▸ **Task directions**
Each line of the data below from the one holding "mod memory;" to the one holding "let alloc = rt.alloc();", inclusive, is to be reproduced exactly; no other line belongs in the answer.

▸ **Dataset excerpts**

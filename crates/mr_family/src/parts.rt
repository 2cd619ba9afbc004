//! The cursors of the parts of a family.
ghost use Rattle.std.specs.Prelude.{◌≡◌, ◌⊎◌, ◌++◌, ◌∷◌, [], ℕ, map, IfOk, OnOk};
ghost use Rattle.std.specs.List.{AllByRecursion};
ghost use Rattle.mr_base.specs.Disk.{Image};
ghost use Rattle.mr_iter.specs.Children.{AnyOf};
ghost use Rattle.mr_iter.specs.Versions.{IsInOrder, joined};
ghost use Rattle.mr_run_get.specs.Get.{IsOffenceIn};
ghost use Rattle.mr_levels.specs.Levels.{AreLive, AreOfDirection, AreApart, LieApart, AreWhole, HasOffence, by_last_key};
ghost use Rattle.mr_family.specs.Parts.{runs_at, lasts_of, level_at, parts_of};

use mr_base::{Blob, Direction, Memory};
use mr_chain::Chain;
use mr_iter::{Listed, OneOf};
use mr_levels::Levels;
use mr_memtable::{MemCursor, Memtable};
use mr_run_cursor::PinnedCursor;
use mr_run_open::Run;
use std::alloc::Global;

/// A cursor over a run, or over those of a level.
pub type RunPart<'a> = OneOf<PinnedCursor<'a>, Chain<PinnedCursor<'a>>>;

/// A cursor over one part of a family.
pub type Part<'a> = OneOf<MemCursor<'a>, RunPart<'a>>;

/// The last keys of these runs. Takes memory.
fn last_keys(alloc: Global, runs: &[Run]) -> Result<Vec<Blob>, Memory>
    ensures { IfOk result (λ v. v.items ≡ lasts_of runs.now) }
{
    let mut lasts = Vec::new(alloc);
    'gathering: for i in 0..runs.len() {
        let last = Blob::from_slice(alloc, runs[i].last_key())?;
        match lasts.push(last) {
            Ok(()) => {}
            Err(_) => return Err(Memory),
        }
    }
    Ok(lasts)
}

/// The cursors over these runs. Takes memory.
fn run_cursors<'a>(alloc: Global, runs: &'a [Run]) -> Result<Vec<PinnedCursor<'a>>, Memory>
    ensures state { IfOk result (λ v. map ⟦<PinnedCursor<'a> as Listed>⟧.cursor v.items ≡ runs_at runs.now) }
    ensures whole { (image : Image) → AreLive image runs.now → IfOk result (λ v. AllByRecursion (λ c. ⟦<PinnedCursor<'a> as Listed>⟧.whole c image) v.items) }
    ensures offends { (image : Image) (file at : ℕ) → IfOk result (λ v. AnyOf (λ c. ⟦<PinnedCursor<'a> as Listed>⟧.offends c image file at) v.items → AnyOf (λ r. IsOffenceIn r r.index.blocks image file at) runs.now) }
{
    let mut cursors = Vec::new(alloc);
    'gathering: for i in 0..runs.len() {
        match cursors.push(PinnedCursor::new(alloc, &runs[i])) {
            Ok(()) => {}
            Err(_) => return Err(Memory),
        }
    }
    Ok(cursors)
}

/// The cursor over the runs of a level. Takes memory.
fn level_cursor<'a>(
    alloc: Global,
    direction: Direction,
    runs: &'a [Run],
) -> Result<Chain<PinnedCursor<'a>>, Memory>
    requires one { AreOfDirection direction runs.now }
    requires ordered { IsInOrder (by_last_key direction) runs.now }
    ensures state { IfOk result (λ c. ⟦<Chain<PinnedCursor<'a>> as Listed>⟧.cursor c ≡ level_at direction runs.now) }
    ensures whole { (image : Image) → AreLive image runs.now → AreApart direction runs.now → IfOk result (λ c. ⟦<Chain<PinnedCursor<'a>> as Listed>⟧.whole c image) }
    ensures offends { (image : Image) (file at : ℕ) → IfOk result (λ c. ⟦<Chain<PinnedCursor<'a>> as Listed>⟧.offends c image file at → AnyOf (λ r. IsOffenceIn r r.index.blocks image file at) runs.now) }
{
    let children = run_cursors(alloc, runs)?;
    let lasts = last_keys(alloc, runs)?;
    Ok(Chain::new(children, lasts, direction))
}

/// One more, behind the others. Takes memory.
fn push<T: Drop>(list: &mut Vec<T>, item: T) -> Result<(), Memory>
    ensures { OnOk result (list.new.items ≡ list.old.items ++ item ∷ []) }
{
    match list.push(item) {
        Ok(()) => Ok(()),
        Err(_) => Err(Memory),
    }
}

/// The cursors over these runs, one by one, behind others. Takes memory.
fn add_runs<'a, A: Listed + Drop, B: Listed + Drop>(
    alloc: Global,
    parts: &mut Vec<OneOf<A, OneOf<PinnedCursor<'a>, B>>>,
    runs: &'a [Run],
) -> Result<(), Memory>
    ensures state { OnOk result (map ⟦<OneOf<A, OneOf<PinnedCursor<'a>, B>> as Listed>⟧.cursor parts.new.items ≡ map ⟦<OneOf<A, OneOf<PinnedCursor<'a>, B>> as Listed>⟧.cursor parts.old.items ++ runs_at runs.now) }
    ensures whole { (image : Image) → AllByRecursion (λ c. ⟦<OneOf<A, OneOf<PinnedCursor<'a>, B>> as Listed>⟧.whole c image) parts.old.items → AreLive image runs.now → OnOk result (AllByRecursion (λ c. ⟦<OneOf<A, OneOf<PinnedCursor<'a>, B>> as Listed>⟧.whole c image) parts.new.items) }
    ensures offends { (image : Image) (file at : ℕ) → OnOk result (AnyOf (λ c. ⟦<OneOf<A, OneOf<PinnedCursor<'a>, B>> as Listed>⟧.offends c image file at) parts.new.items → AnyOf (λ c. ⟦<OneOf<A, OneOf<PinnedCursor<'a>, B>> as Listed>⟧.offends c image file at) parts.old.items ⊎ AnyOf (λ r. IsOffenceIn r r.index.blocks image file at) runs.now) }
{
    'gathering: for i in 0..runs.len() {
        let cursor = PinnedCursor::new(alloc, &runs[i]);
        push(parts, OneOf::Second(OneOf::First(cursor)))?;
    }
    Ok(())
}

/// The cursor over the runs of a level, behind others. Takes memory.
fn add_level<'a>(
    alloc: Global,
    parts: &mut Vec<Part<'a>>,
    direction: Direction,
    runs: &'a [Run],
) -> Result<(), Memory>
    requires one { AreOfDirection direction runs.now }
    requires ordered { IsInOrder (by_last_key direction) runs.now }
    ensures state { OnOk result (map ⟦<Part<'a> as Listed>⟧.cursor parts.new.items ≡ map ⟦<Part<'a> as Listed>⟧.cursor parts.old.items ++ level_at direction runs.now ∷ []) }
    ensures whole { (image : Image) → AllByRecursion (λ c. ⟦<Part<'a> as Listed>⟧.whole c image) parts.old.items → AreLive image runs.now → AreApart direction runs.now → OnOk result (AllByRecursion (λ c. ⟦<Part<'a> as Listed>⟧.whole c image) parts.new.items) }
    ensures offends { (image : Image) (file at : ℕ) → OnOk result (AnyOf (λ c. ⟦<Part<'a> as Listed>⟧.offends c image file at) parts.new.items → AnyOf (λ c. ⟦<Part<'a> as Listed>⟧.offends c image file at) parts.old.items ⊎ AnyOf (λ r. IsOffenceIn r r.index.blocks image file at) runs.now) }
{
    let cursor = level_cursor(alloc, direction, runs)?;
    push(parts, OneOf::Second(OneOf::Second(cursor)))
}

/// The cursors over levels 1 to 4, behind others. Takes memory.
fn add_levels<'a>(
    alloc: Global,
    parts: &mut Vec<Part<'a>>,
    levels: &'a Levels,
) -> Result<(), Memory>
    ensures state { OnOk result (map ⟦<Part<'a> as Listed>⟧.cursor parts.new.items ≡ map ⟦<Part<'a> as Listed>⟧.cursor parts.old.items ++ map (level_at levels.now.direction) levels.now.deeper) }
    ensures whole { (image : Image) → AllByRecursion (λ c. ⟦<Part<'a> as Listed>⟧.whole c image) parts.old.items → AreLive image (joined levels.now.deeper) → LieApart levels.now → OnOk result (AllByRecursion (λ c. ⟦<Part<'a> as Listed>⟧.whole c image) parts.new.items) }
    ensures offends { (image : Image) (file at : ℕ) → OnOk result (AnyOf (λ c. ⟦<Part<'a> as Listed>⟧.offends c image file at) parts.new.items → AnyOf (λ c. ⟦<Part<'a> as Listed>⟧.offends c image file at) parts.old.items ⊎ AnyOf (λ r. IsOffenceIn r r.index.blocks image file at) (joined levels.now.deeper)) }
{
    let direction = levels.direction();
    add_level(alloc, parts, direction, levels.level(1))?;
    add_level(alloc, parts, direction, levels.level(2))?;
    add_level(alloc, parts, direction, levels.level(3))?;
    add_level(alloc, parts, direction, levels.level(4))
}

/// The cursors over all parts of a family. Takes memory.
pub fn part_cursors<'a>(
    alloc: Global,
    memtable: &'a Memtable,
    levels: &'a Levels,
) -> Result<Vec<Part<'a>>, Memory>
    ensures state { IfOk result (λ v. map ⟦<Part<'a> as Listed>⟧.cursor v.items ≡ parts_of memtable.now levels.now) }
    ensures whole { (image : Image) → AreWhole levels.now image → IfOk result (λ v. AllByRecursion (λ c. ⟦<Part<'a> as Listed>⟧.whole c image) v.items) }
    ensures offends { (image : Image) (file at : ℕ) → IfOk result (λ v. AnyOf (λ c. ⟦<Part<'a> as Listed>⟧.offends c image file at) v.items → HasOffence levels.now image file at) }
{
    let mut parts = Vec::new(alloc);
    push(&mut parts, OneOf::First(memtable.cursor()))?;
    add_runs(alloc, &mut parts, levels.newest())?;
    add_levels(alloc, &mut parts, levels)?;
    Ok(parts)
}
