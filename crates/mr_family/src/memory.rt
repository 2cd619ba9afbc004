//! A version in memory beside one of a run.
ghost use Rattle.std.specs.Prelude.{◌≡◌, nat_lt, IfOk, IfErr, false};
ghost use Rattle.std.specs.Option.{option_map, option_map_or};
ghost use Rattle.mr_base.specs.declared.stop.Stop.TheVariants.{Memory as MemoryStop};
ghost use Rattle.mr_iter.specs.Versions.{version_cmp, IsInOrder};
ghost use Rattle.mr_iter.specs.Newest.{newest, later};
ghost use Rattle.mr_block.specs.Held.{version_held};
ghost use Rattle.mr_memtable.specs.Given.{version_of};
ghost use Rattle.mr_levels.specs.Levels.{AreKept};

use bytes::Bytes;
use mr_base::{Memory, Stop};
use mr_block::{Found, block_of_one};
use mr_levels::Levels;
use mr_memtable::{Memtable, VersionRef};
use std::alloc::Global;

/// A copy of a version in memory, in a block of its own. Takes memory.
fn hold(alloc: Global, key: &[u8], version: VersionRef<'_>) -> Result<Found, Memory>
    ensures { IfOk result (λ f. version_held f ≡ version_of key.now version.entry) }
{
    let put = if version.is_put {
        Some(version.value)
    } else {
        None
    };
    let block = block_of_one(alloc, key, version.sequence, put)?;
    match Bytes::from_vec(block.into_vec()) {
        Ok(block) => Ok(Found::new(block, 0)),
        Err(_) => Err(Memory),
    }
}

/// Whether a version that was found has a later number.
fn is_later(found: &Option<Found>, sequence: u64) -> bool
    ensures { result ≡ option_map_or (λ f. nat_lt sequence (version_held f).sequence) found.now false }
{
    match found {
        Some(found) => sequence < found.sequence(),
        None => false,
    }
}

/// The later of the newest version in memory and one that was found in a run, of equal ones the one in memory. Takes memory only where
/// that is the answer.
pub fn later_in_memory(
    alloc: Global,
    memtable: &Memtable,
    key: &[u8],
    number: u64,
    found: Option<Found>,
) -> Result<Option<Found>, Stop>
    ensures later { IfOk result (λ o. option_map version_held o ≡ later (newest number key.now memtable.now.versions) (option_map version_held found)) }
    ensures stops { IfErr result (λ e. e ≡ MemoryStop) }
{
    match memtable.newest(key, number) {
        Some(version) => {
            if is_later(&found, version.sequence) {
                return Ok(found);
            }
            let own = hold(alloc, key, version)?;
            Ok(Some(own))
        }
        None => Ok(found),
    }
}

/// The versions in memory are in order, and so are the runs.
pub fn are_in_order(memtable: &Memtable, levels: &Levels)
    ensures memtable { IsInOrder (version_cmp memtable.now.direction) memtable.now.versions }
    ensures levels { AreKept levels.now.direction levels.now.newest levels.now.deeper }
{
    let _first = memtable.cursor();
    let _direction = levels.direction();
}
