//! The plain program's engine: commits and what they make of tables, sessions and what they see,
//! building indexes, hidden numbers and the moment.
#![tactic(auto)]

mod engine;
mod numbers;
mod reopening;
mod seen;
mod views;

pub use engine::{Building, Engine, NextNumber, fresh_session};
pub use seen::{changed_later, changes_of_txn, held_elsewhere, is_stale, keep_view, rows_seen};
pub use views::{building_of, committed_table, number_of, table_in, used_elsewhere};
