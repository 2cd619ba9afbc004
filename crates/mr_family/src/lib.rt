//! A family of keys: one memtable and its live runs as one list of versions.
#![tactic(auto)]

mod family;
mod laws;
mod memory;
mod parts;

pub use family::{Family, FamilyCursor};
pub use laws::{
    families_are_in_order, families_are_their_files, look_ups_are_views,
    look_ups_leave_families_warm, whole_families_have_no_offence,
};
pub use parts::{Part, RunPart};
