#[test]
fn many_heads_that_no_message_starts(rt: HostRuntime) {
    let alloc = rt.alloc();
    let shown = project(&rt, "{}", many_heads(&rt).as_str());
    let hidden = shown
        .replace(alloc, "\"visible\":true,\"x\"", "\"visible\":false,\"x\"")
        .expect(&rt, "memory");
    let mut script = String::from_str(alloc, "flag\n").expect(&rt, "memory");
    let mut expected = String::new(alloc);
    for number in 1..101u32 {
        script.push_str("frame 0 10000 0\n").expect(&rt, "memory");
        let frame = frame_at(&rt, number, 0, "0")
            .replace(alloc, "shown", "hidden")
            .expect(&rt, "memory");
        expected.push_str(frame.as_str()).expect(&rt, "memory");
    }
    let answer = answered(&rt, "play p s 1 -", hidden.as_bytes(), script.as_bytes());
    is_told(&rt, &answer, "Done", 0, expected.as_bytes());
}
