/// What is picked from a content at places, unless these are too many.
fn picked_at<'a, L: Ledger>(
    alloc: Global,
    x: &Array<'a>,
    places: Option<Places<'a>>,
    optional: bool,
    arena: &'a Arena,
    steps: &mut Steps<L>,
) -> Result<Outcome<'a>, NoMemory>
    requires places { AreWithinOr optional (len x.now) places }
    ensures { IfOk result (IsPickedAt optional x.now places.entry) }
{
    match places {
        None => Ok(Outcome::TooMany),
        Some(places) => Ok(Outcome::Lists {
            content: items_at(alloc, x, &places.lane, optional, arena, steps)?,
            offsets: places.offsets,
        }),
    }
}

/// What is picked from lists by those of a mask, which are as long.
fn by_masks<'s, 'a, V: Values, L: Ledger>(
    alloc: Global,
    xs: &Bounds<'s, 'a>,
    ws: &Bounds<'s, 'a>,
    cells: &V,
    arena: &'a Arena,
    steps: &mut Steps<L>,
) -> Result<Outcome<'a>, NoMemory>
    requires pairs { size_of xs.now.starts ≡ size_of ws.now.starts }
    requires alike { AreAlike xs.now ws.now }
    requires leaf { is_leaf (present (array_type ws.now.content)) ≡ true }
    requires mask { picks.is_mask (array_type ws.now.content) ≡ true }
    requires cells { AreCells ws.now.content (V.cells cells.now) }
    ensures { IfOk result (IsOutcomeOf xs.now ws.now) }
{
    let content = xs.content();
    let index = ws.content();
    let _ = index.len();
    let optional = is_optional(index.typ());
    let picks = Kept { xs, ws, cells };
    let places = kept(&picks, ws.len(), arena, steps)?;
    picked_at(alloc, content, places, optional, arena, steps)
}

/// What is told of an index of more items than a column may have: a place that is missing first.
fn too_many<'a, V: Values, L: Ledger>(
    source: &Taken<'_, '_, 'a, V>,
    steps: &mut Steps<L>,
) -> Outcome<'a>
    requires leaves { AreLeaves source.now.xs.now source.now.ws.now (V.cells source.now.cells.now) }
    requires leaf { is_leaf (present (array_type source.now.ws.now.content)) ≡ true }
    requires mask { picks.is_mask (array_type source.now.ws.now.content) ≡ false }
    requires many { item_limit
        < before (length_of source.now.ws.now) (size_of source.now.ws.now.starts) }
    ensures { IsOutcomeOf source.now.xs.now source.now.ws.now result }
{
    let _ = source.xs.content();
    if source.has_outside(steps) {
        return Outcome::Outside;
    }
    Outcome::TooMany
}

/// What is picked from n lists by those of an index, in one pass over it.
fn places_taken<'s, 'a, V: Values, L: Ledger>(
    alloc: Global,
    source: &Taken<'_, 's, 'a, V>,
    n: u64,
    offsets: Offsets<'a>,
    arena: &'a Arena,
    steps: &mut Steps<L>,
) -> Result<Outcome<'a>, NoMemory>
    requires leaves { AreLeaves source.now.xs.now source.now.ws.now (V.cells source.now.cells.now) }
    requires leaf { is_leaf (present (array_type source.now.ws.now.content)) ≡ true }
    requires mask { picks.is_mask (array_type source.now.ws.now.content) ≡ false }
    requires lists { n ≡ size_of source.now.ws.now.starts }
    requires offsets { AreOffsetsBy item_limit (length_of source.now.ws.now) n
        (Some offsets) }
    ensures { IfOk result (IsOutcomeOf source.now.xs.now source.now.ws.now) }
{
    let content = source.xs.content();
    let index = source.ws.content();
    let _ = index.len();
    let optional = is_optional(index.typ());
    match put_lane(n, offsets.total, source, arena, steps)? {
        None => Ok(Outcome::Outside),
        Some(lane) => {
            let places = Places {
                offsets: offsets.lane,
                lane,
            };
            picked_at(alloc, content, Some(places), optional, arena, steps)
        }
    }
}

/// The lane of an array of numbers that lie side by side, of which none is a truth value.
fn plain_lane<'x, 'a>(x: &'x Array<'a>) -> Option<&'x Lane<'a>>
    ensures { IfSome result (λ c. (c.now.kind ≢ Kinds.Bool) × (x.now ≡ flat c.now)) }
{
    match x.node().class() {
        Class::Numpy { lane } if lane.kind() != Kind::Bool => Some(lane),
        _ => None,
    }
}

/// What is picked from n lists of numbers that lie side by side in 64 bits by an index without
/// nulls: each is moved as its place is read, and no lane of places is made.
fn numbers_taken<'s, 'a, V: Values, L: Ledger>(
    source: &Taken<'_, 's, 'a, V>,
    numbers: &Index<'a>,
    n: u64,
    offsets: Offsets<'a>,
    arena: &'a Arena,
    steps: &mut Steps<L>,
) -> Result<Outcome<'a>, NoMemory>
    requires leaves { AreLeaves source.now.xs.now source.now.ws.now (V.cells source.now.cells.now) }
    requires leaf { is_leaf (present (array_type source.now.ws.now.content)) ≡ true }
    requires mask { picks.is_mask (array_type source.now.ws.now.content) ≡ false }
    requires present { is_option (array_type source.now.ws.now.content) ≡ false }
    requires kind { numbers.now.kind ≡ Kinds.I64 }
    requires content { source.now.xs.now.content ≡ flat numbers.now }
    requires lists { n ≡ size_of source.now.ws.now.starts }
    requires offsets { AreOffsetsBy item_limit (length_of source.now.ws.now) n
        (Some offsets) }
    ensures { IfOk result (IsOutcomeOf source.now.xs.now source.now.ws.now) }
{
    let _ = source.xs.content();
    let index = source.ws.content();
    let _ = index.len();
    let moved = TakenNumbers {
        picks: source,
        numbers,
    };
    match put_lane(n, offsets.total, &moved, arena, steps)? {
        None => Ok(Outcome::Outside),
        Some(lane) => Ok(Outcome::Lists {
            offsets: offsets.lane,
            content: Node::numpy(lane, steps),
        }),
    }
}

/// What is picked from n lists by those of an index of places, whose items are not too many.
fn taken<'s, 'a, V: Values, L: Ledger>(
    alloc: Global,
    source: &Taken<'_, 's, 'a, V>,
    n: u64,
    offsets: Offsets<'a>,
    arena: &'a Arena,
    steps: &mut Steps<L>,
) -> Result<Outcome<'a>, NoMemory>
    requires leaves { AreLeaves source.now.xs.now source.now.ws.now (V.cells source.now.cells.now) }
    requires leaf { is_leaf (present (array_type source.now.ws.now.content)) ≡ true }
    requires mask { picks.is_mask (array_type source.now.ws.now.content) ≡ false }
    requires lists { n ≡ size_of source.now.ws.now.starts }
    requires offsets { AreOffsetsBy item_limit (length_of source.now.ws.now) n
        (Some offsets) }
    ensures { IfOk result (IsOutcomeOf source.now.xs.now source.now.ws.now) }
{
    let index = source.ws.content();
    let optional = is_optional(index.typ());
    if optional {
        return places_taken(alloc, source, n, offsets, arena, steps);
    }
    match wide_numbers(source.xs.content(), steps) {
        Some(numbers) => numbers_taken(source, &numbers, n, offsets, arena, steps),
        None => places_taken(alloc, source, n, offsets, arena, steps),
    }
}

/// What is picked from lists by those of an index of places.
fn by_places<'s, 'a, V: Values, L: Ledger>(
    alloc: Global,
    xs: &Bounds<'s, 'a>,
    ws: &Bounds<'s, 'a>,
    cells: &V,
    arena: &'a Arena,
    steps: &mut Steps<L>,
) -> Result<Outcome<'a>, NoMemory>
    requires pairs { size_of xs.now.starts ≡ size_of ws.now.starts }
    requires leaf { is_leaf (present (array_type ws.now.content)) ≡ true }
    requires mask { picks.is_mask (array_type ws.now.content) ≡ false }
    requires cells { AreCells ws.now.content (V.cells cells.now) }
    ensures { IfOk result (IsOutcomeOf xs.now ws.now) }
{
    let picks = Taken { xs, ws, cells };
    let n = ws.len();
    match offsets_within(ITEM_LIMIT, n, ws, arena, steps)? {
        None => Ok(too_many(&picks, steps)),
        Some(offsets) => taken(alloc, &picks, n, offsets, arena, steps),
    }
}

/// What is picked from lists of numbers that lie side by side by truth values: each is moved as the
/// truth value beside it is read, and the offsets are made meanwhile. No lane of places is made.
fn numbers_kept<'s, 'a, L: Ledger>(
    xs: &Bounds<'s, 'a>,
    ws: &Bounds<'s, 'a>,
    truths: &Truths<'a>,
    numbers: &Lane<'a>,
    arena: &'a Arena,
    steps: &mut Steps<L>,
) -> Result<Outcome<'a>, NoMemory>
    requires pairs { size_of xs.now.starts ≡ size_of ws.now.starts }
    requires alike { AreAlike xs.now ws.now }
    requires leaf { is_leaf (present (array_type ws.now.content)) ≡ true }
    requires mask { picks.is_mask (array_type ws.now.content) ≡ true }
    requires present { is_option (array_type ws.now.content) ≡ false }
    requires cells { AreCells ws.now.content (truth_cells truths.now.bytes.now) }
    requires plain { numbers.now.kind ≢ Kinds.Bool }
    requires content { xs.now.content ≡ flat numbers.now }
    ensures { IfOk result (IsOutcomeOf xs.now ws.now) }
{
    let _ = xs.content();
    let index = ws.content();
    let _ = index.len();
    let n = ws.len();
    let picks = Beside { xs, ws, truths };
    let Some(room) = room_beside(&picks, arena, steps)? else {
        return Ok(Outcome::TooMany);
    };
    let moved = beside_lists(n, room, &picks, numbers, arena, steps)?;
    Ok(Outcome::Lists {
        offsets: moved.offsets,
        content: Node::numpy(moved.lane, steps),
    })
}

▸ **Your response**
mod memory;
mod parts;

pub use family::{Family, FamilyCursor};
pub use laws::{
    families_are_in_order, families_are_their_files, look_ups_are_views,
    look_ups_leave_families_warm, whole_families_have_no_offence,
};
pub use parts::{Part, RunPart};
#[test]
fn many_heads_that_no_message_starts(rt: HostRuntime) {
    let alloc = rt.alloc();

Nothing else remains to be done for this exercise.